**Task to carry out**
Return each entry exactly, omitting nothing.

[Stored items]
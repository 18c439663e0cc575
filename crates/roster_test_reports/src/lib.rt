//! Tests of reports that are read again: what each line gives, and what is told of the first wrong one. A crate
//! with tests of its own would be proved twice. In reading order:
//!
//! - `given`: a book, and what is told of a report
//! - `rosters`: the roster of a report
//! - `faults`: reports that are refused
//! - `texts`: records made of a report, and what the book doesn't have of it
#![tactic(auto)]

#[cfg(test)]
mod faults;
#[cfg(test)]
mod given;
#[cfg(test)]
mod rosters;
#[cfg(test)]
mod texts;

**Reply**
repository 18c439663e0cc575
filename crates/roster_test_reports/src/lib.rt
//! Tests of reports that are read again: what each line gives, and what is told of the first wrong one. A crate
//! with tests of its own would be proved twice. In reading order:
//!
//! - `given`: a book, and what is told of a report
//! - `rosters`: the roster of a report
//! - `faults`: reports that are refused
//! - `texts`: records made of a report, and what the book doesn't have of it
#![tactic(auto)]

#[cfg(test)]
mod faults;
#[cfg(test)]
mod given;
#[cfg(test)]
mod rosters;
#[cfg(test)]
mod texts;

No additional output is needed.